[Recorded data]
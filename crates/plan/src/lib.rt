//! Plans: how they are read, held, laid out and written. The theorems on what they mean, on their texts and on their layout are
//! those of `meaning`, `grammar` and `layout`.
#![tactic(auto)]

mod laid;
mod outlined;
mod parsing;
mod plan;
mod reading;
mod rendering;
mod writer;
mod writing_laws;

pub use grammar::{
    Leaf, Marks, PlanError, Refusal, always_decided, answers_worked, beginnings_live, firsts_agree,
    forms_are_accepted, refusals_agree, takings_agree,
};
pub use layout::{
    Item, Line, Link, Size, Sort, Tree, few_moves_leave, outlines_are_whole, plans_are_laid,
};
pub use meaning::{
    beginnings_tested, combs_are_shuffles, combs_nest_freely, cuts_are_formed, cuts_are_listed,
    cuts_finish, depth_is_greatest, ends_are_single, interleave_is_n_ary, items_are_counted,
    limits_are_tested, lock_guards_outside, logs_listed, logs_tested, marks_split_back,
    near_rank_is_mistaken, nesting_is_free, nestings_agree, permitted_by_separators,
    permitted_listed, permitted_tested, plans_are_walked, separators_agree, sequence_is_not_locked,
    shuffle_commutes, shuffle_is_of_two, shuffle_regroups, strands_have_pieces, strands_listed,
    three_nest_freely, walks_read_beginnings, walks_read_permitted, widest_is_attained,
    worked_examples,
};
pub use parsing::parse;
pub use plan::Plan;
pub use reading::{Counts, read};
pub use spots::RowMove;
pub use writing_laws::{
    leaves_have_one_reading, lengths_are_bounded, texts_are_written_back, texts_have_one_reading,
    texts_of_leaves_decide, texts_of_names_decide,
};
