//! The text of a plan. Each theorem stands in the contract of a small function.
ghost use Rattle.plan.specs.WrittenBack.{WrittenBack};
ghost use Rattle.plan.specs.WrittenLaws.{LeavesDecide, NamesDecide, LengthsAreBounded, OneReading, OneLeafReading};

use text::Kind;

/// Two plans of one shape whose leaves have the same texts have the same text.
pub fn texts_of_leaves_decide()
    ensures { LeavesDecide }
{}

/// Of the texts of names, only those of the names that the leaves use count.
pub fn texts_of_names_decide()
    ensures { NamesDecide }
{}

/// The text of a plan within the limits has at most 3,135 bytes, whatever its names.
pub fn lengths_are_bounded()
    ensures { LengthsAreBounded }
{}

/// A text has one reading: well-formed plans with the same text have the same shape, and their leaves the same texts.
pub fn texts_have_one_reading()
    ensures { OneReading }
{}

/// The text of a leaf has one reading: leaves with names and the same text have names of the same text, and the same marks.
pub fn leaves_have_one_reading()
    ensures { OneLeafReading }
{}

/// What `read` reads is written back: under the names that were read with it, `write` gives the text that was read.
pub fn texts_are_written_back<K: Kind>()
    ensures { WrittenBack K.text K.has }
{}
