//! The items of a plan, and its counts and widths.
ghost use Rattle.std.specs.Prelude.{◌≡◌, IfOk};
ghost use Rattle.layout.specs.Outlines.{outline as outline_of};
ghost use Rattle.layout.specs.Sizes.{Sizes};
ghost use Rattle.layout.specs.Tree.{shape_of};

use super::plan::Plan;
use layout::{Line, Size};
use std::alloc::{AllocError, Global};

impl Plan {
    /// The items of the plan in the order of their numbers.
    pub fn outline(&self, heap: Global) -> Result<Vec<Line>, AllocError>
        ensures { IfOk result (λ v. v.items ≡ outline_of (shape_of self.now.tree)) }
    {
        let mut lines = Vec::new(heap);
        self.tree.list_items(0, 0, &mut lines)?;
        Ok(lines)
    }

    /// The counts and widths of the plan.
    pub fn size(&self) -> Size
        ensures { Sizes (shape_of self.now.tree) result }
    {
        self.tree.size()
    }
}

- [Aim of the task]:
Transcribe all the entries, keeping each one exactly as it is.

- [Answer section]:
filename crates/plan/src/lib.rt
//! Plans: how they are read, held, laid out and written. The theorems on what they mean, on their texts and on their layout are
//! those of `meaning`, `grammar` and `layout`.
#![tactic(auto)]

mod laid;
mod outlined;
mod parsing;
mod plan;
mod reading;
mod rendering;
mod writer;
mod writing_laws;

pub use grammar::{
    Leaf, Marks, PlanError, Refusal, always_decided, answers_worked, beginnings_live, firsts_agree,
    forms_are_accepted, refusals_agree, takings_agree,
};
pub use layout::{
    Item, Line, Link, Size, Sort, Tree, few_moves_leave, outlines_are_whole, plans_are_laid,
};
pub use meaning::{
    beginnings_tested, combs_are_shuffles, combs_nest_freely, cuts_are_formed, cuts_are_listed,
    cuts_finish, depth_is_greatest, ends_are_single, interleave_is_n_ary, items_are_counted,
    limits_are_tested, lock_guards_outside, logs_listed, logs_tested, marks_split_back,
    near_rank_is_mistaken, nesting_is_free, nestings_agree, permitted_by_separators,
    permitted_listed, permitted_tested, plans_are_walked, separators_agree, sequence_is_not_locked,
    shuffle_commutes, shuffle_is_of_two, shuffle_regroups, strands_have_pieces, strands_listed,
    three_nest_freely, walks_read_beginnings, walks_read_permitted, widest_is_attained,
    worked_examples,
};
pub use parsing::parse;
pub use plan::Plan;
pub use reading::{Counts, read};
pub use spots::RowMove;
pub use writing_laws::{
    leaves_have_one_reading, lengths_are_bounded, texts_are_written_back, texts_have_one_reading,
    texts_of_leaves_decide, texts_of_names_decide,
};
//! The text of a plan. Each theorem stands in the contract of a small function.
ghost use Rattle.plan.specs.WrittenBack.{WrittenBack};
ghost use Rattle.plan.specs.WrittenLaws.{LeavesDecide, NamesDecide, LengthsAreBounded, OneReading, OneLeafReading};

use text::Kind;

/// Two plans of one shape whose leaves have the same texts have the same text.
pub fn texts_of_leaves_decide()
    ensures { LeavesDecide }
{}

/// Of the texts of names, only those of the names that the leaves use count.
pub fn texts_of_names_decide()
    ensures { NamesDecide }
{}

/// The text of a plan within the limits has at most 3,135 bytes, whatever its names.
pub fn lengths_are_bounded()
    ensures { LengthsAreBounded }
{}

/// A text has one reading: well-formed plans with the same text have the same shape, and their leaves the same texts.
pub fn texts_have_one_reading()
    ensures { OneReading }
{}

/// The text of a leaf has one reading: leaves with names and the same text have names of the same text, and the same marks.
pub fn leaves_have_one_reading()
    ensures { OneLeafReading }
{}

/// What `read` reads is written back: under the names that were read with it, `write` gives the text that was read.
pub fn texts_are_written_back<K: Kind>()
    ensures { WrittenBack K.text K.has }
{}
//! The items of a plan, and its counts and widths.
ghost use Rattle.std.specs.Prelude.{◌≡◌, IfOk};
ghost use Rattle.layout.specs.Outlines.{outline as outline_of};
ghost use Rattle.layout.specs.Sizes.{Sizes};
ghost use Rattle.layout.specs.Tree.{shape_of};

use super::plan::Plan;
use layout::{Line, Size};
use std::alloc::{AllocError, Global};

impl Plan {
    /// The items of the plan in the order of their numbers.
    pub fn outline(&self, heap: Global) -> Result<Vec<Line>, AllocError>
        ensures { IfOk result (λ v. v.items ≡ outline_of (shape_of self.now.tree)) }
    {
        let mut lines = Vec::new(heap);
        self.tree.list_items(0, 0, &mut lines)?;
        Ok(lines)
    }

    /// The counts and widths of the plan.
    pub fn size(&self) -> Size
        ensures { Sizes (shape_of self.now.tree) result }
    {
        self.tree.size()
    }
}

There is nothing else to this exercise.